Abstract
Measuring the Earth’s Temperature
We read a fair amount in the press about global warming. Some of the journalists are reasonably well informed. Others are less so. A few have an agenda driven by their editor or their publisher and try either to disprove or confirm that human beings are affecting the Earth’s climate – mostly the former!
But how do we decide what the temperature of the Earth is today let alone what it has been in the past? Today, there is a reasonably well-established network of worldwide meteorological observatories. However, observatories are only the beginning. We need to think about their geographical distribution and how to combine their results into a single global figure. Roughly two-thirds of the Earth’s land area is in the northern hemisphere and that is where most observations have been made. Historically, this uneven distribution made it difficult to arrive at a representative world average. Today, things are better because ships, remote automatic recording stations and satellite information can help fill in the gaps.
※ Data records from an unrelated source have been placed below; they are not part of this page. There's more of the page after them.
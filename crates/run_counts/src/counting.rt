//! One more.
ghost use Rattle.std.specs.Prelude.{◌≡◌, ◌<◌, true, length};
ghost use Rattle.run_counts.specs.Tallies.{IsOneMore, HasRoom};

/// Counts one more at a place, where it is to be counted.
pub(crate) fn count_if(counts: &mut [u64], place: usize, is: bool)
    requires place { place < length counts.old }
    requires room { HasRoom counts.old place }
    ensures counted { IsOneMore is place counts.old counts.new }
    ensures long { length counts.new ≡ length counts.old }
{
    if is {
        counts[place] += 1;
    }
}

/// Counts one more of a byte.
pub(crate) fn count_byte(counts: &mut [u64; 256], byte: u8)
    requires room { HasRoom counts.old byte }
    ensures { IsOneMore true byte counts.old counts.new }
{
    counts[byte as usize] += 1;
}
The general approach is to grid surface of the Earth and then to attribute a temperature to each grid square or grid node based on the information that is available in that area. Before that is done, however, allowance has to be made for the local circumstances affecting each observatory. For example, observatories in mountains will tend to show cooler values than those nearer sea-level, and there may be more annual variability. There is also a well-established thermal ‘urban-warming effect’ that reflects energy use within cities, and it means that temperatures measured in the middle of cities are likely to be 1 or 2 °C warmer than sites on the outskirts. Given that the observations are made by different bodies in different countries, there may well be differences in both precision and accuracy. These are likely to be particularly relevant for some of the most remote and thus important stations!
There is therefore scope for argument about the temperature of the Earth today. For questions of climate change, however, the absolute value of temperature is much less important than temperature changes. However, local observatories and met-organisations that provide the data for the global model are a law unto themselves. Without announcing the fact they may simply move to a new location keeping the same name and thus to a different local microclimate. They may change their way of deriving a station temperature, for example, changing from averaging a maximum and minimum to simply quoting midday temperature. And a city may grow up around a station that was previously in the country. As we go back in time, the challenges increase. There are fewer stations, less evenly distributed, and with poorer records of how their observations were made. Finally, we reach the 17th century, when the earliest measurements were made with mercury thermometers. We also know that a variety of physical processes, including intensity of solar radiation and minor perturbations in the Earth’s orbit can generate periodic temperature changes with cyclicities of a decade to tens of decades.
The bottom line is that it is pretty difficult to judge changes in global temperature from a relatively short time series of variably controlled measurements. However, over the last decade or so, the global temperature does not appear to have varied very much. A better indication of global change may be given by changes in sea-level that have been recorded for centuries at ports all over the world and more recently by satellite. Sea level is rising partly through thermal expansion and partly because of the melting of continental ice in Greenland and Antarctica. The oceans appear to damp out much of the high-frequency temperature variation observed in the atmosphere but that is separate story.